• _BRIEF_: Word for word, write out all of the data below.

• _SUPPLIED DATA_:
//! Ranks in units of 1 / 1,000,000,000.

ghost use Rattle.std.specs.Prelude.{◌≡◌, ◌+◌, ◌*◌, ◌/◌, min};
ghost use Rattle.gm_kernel.specs.Kernels.{share_of};

use gm_kernel::{Kernel, MAX_RANK};

/// What each vertex begins with: a rank of 1.
const ONE: u64 = 1_000_000_000;

/// What each vertex carries into a round: 0.15 of a rank of 1.
const CARRIED: u64 = 150_000_000;

/// 0.85 of a rank over the out-degree, rounded down, or 0 without edges. 0.85 is 17 / 20; a rank whose product with 17 wouldn't fit
/// is first divided, which rounds the same.
#[inline(always)]
#[tactic(auto, using(crate::proofs::ShareLemmas::share_reduced, crate::proofs::ShareLemmas::divided_first))]
pub(crate) fn share(rank: u64, degree: u32) -> u64
    ensures { result ≡ share_of rank degree }
{
    if degree == 0 {
        return 0;
    }
    let divisor = 20 * u64::from(degree);
    if rank <= u64::MAX / 17 {
        17 * rank / divisor
    } else {
        17 * (rank / divisor) + 17 * (rank % divisor) / divisor
    }
}

/// Two sums of shares, at most `MAX_RANK`.
#[inline(always)]
pub(crate) fn join(a: u64, b: u64) -> u64
    ensures { result ≡ min (a + b) MAX_RANK }
{
    a.saturating_add(b).min(MAX_RANK)
}

/// Ranks: over each edge a vertex gives an equal share of 0.85 of its rank. A job makes so many rounds.
#[derive(Clone, Copy)]
pub struct Rank {
    pub rounds: u32,
}

impl Kernel for Rank {
    ghost use Rattle.std.specs.Prelude.{refl};
    ghost use Rattle.gm_base.specs.declared.job.Spec.TheVariants.{Rank as RankJob};
    ghost use Rattle.gm_kernel.specs.Kernels.{kernel_of};

    ghost job = { λ kernel. RankJob kernel.rounds };

    ghost functions = { λ kernel. kernel_of (RankJob kernel.rounds) };

    ghost is_of_its_job = { λ _. refl };

    fn init(&self, _v: u32) -> u64 {
        ONE
    }

    fn start(&self, _old: u64) -> u64 {
        CARRIED
    }

    fn give(&self, old: u64, degree: u32, _weight: u32) -> u64 {
        share(old, degree)
    }

    fn join(&self, a: u64, b: u64) -> u64 {
        join(a, b)
    }

    fn active(&self, _first: bool, _older: u64, old: u64, degree: u32) -> bool {
        share(old, degree) != 0
    }

    fn two_way(&self) -> bool {
        false
    }
}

• _ANSWER BOX_:
//! Ranks in units of 1 / 1,000,000,000.

ghost use Rattle.std.specs.Prelude.{◌≡◌, ◌+◌, ◌*◌, ◌/◌, min};
ghost use Rattle.gm_kernel.specs.Kernels.{share_of};

use gm_kernel::{Kernel, MAX_RANK};

/// What each vertex begins with: a rank of 1.
const ONE: u64 = 1_000_000_000;

/// What each vertex carries into a round: 0.15 of a rank of 1.
const CARRIED: u64 = 150_000_000;

/// 0.85 of a rank over the out-degree, rounded down, or 0 without edges. 0.85 is 17 / 20; a rank whose product with 17 wouldn't fit
/// is first divided, which rounds the same.
#[inline(always)]
#[tactic(auto, using(crate::proofs::ShareLemmas::share_reduced, crate::proofs::ShareLemmas::divided_first))]
pub(crate) fn share(rank: u64, degree: u32) -> u64
    ensures { result ≡ share_of rank degree }
{
    if degree == 0 {
        return 0;
    }
    let divisor = 20 * u64::from(degree);
    if rank <= u64::MAX / 17 {
        17 * rank / divisor
    } else {
        17 * (rank / divisor) + 17 * (rank % divisor) / divisor
    }
}

/// Two sums of shares, at most `MAX_RANK`.
#[inline(always)]
pub(crate) fn join(a: u64, b: u64) -> u64
    ensures { result ≡ min (a + b) MAX_RANK }
{
    a.saturating_add(b).min(MAX_RANK)
}

/// Ranks: over each edge a vertex gives an equal share of 0.85 of its rank. A job makes so many rounds.
#[derive(Clone, Copy)]
pub struct Rank {
    pub rounds: u32,
}

impl Kernel for Rank {
    ghost use Rattle.std.specs.Prelude.{refl};
    ghost use Rattle.gm_base.specs.declared.job.Spec.TheVariants.{Rank as RankJob};
    ghost use Rattle.gm_kernel.specs.Kernels.{kernel_of};

    ghost job = { λ kernel. RankJob kernel.rounds };

    ghost functions = { λ kernel. kernel_of (RankJob kernel.rounds) };

    ghost is_of_its_job = { λ _. refl };

    fn init(&self, _v: u32) -> u64 {
        ONE
    }

    fn start(&self, _old: u64) -> u64 {
        CARRIED
    }

    fn give(&self, old: u64, degree: u32, _weight: u32) -> u64 {
        share(old, degree)
    }

    fn join(&self, a: u64, b: u64) -> u64 {
        join(a, b)
    }

    fn active(&self, _first: bool, _older: u64, old: u64, degree: u32) -> bool {
        share(old, degree) != 0
    }

    fn two_way(&self) -> bool {
        false
    }
}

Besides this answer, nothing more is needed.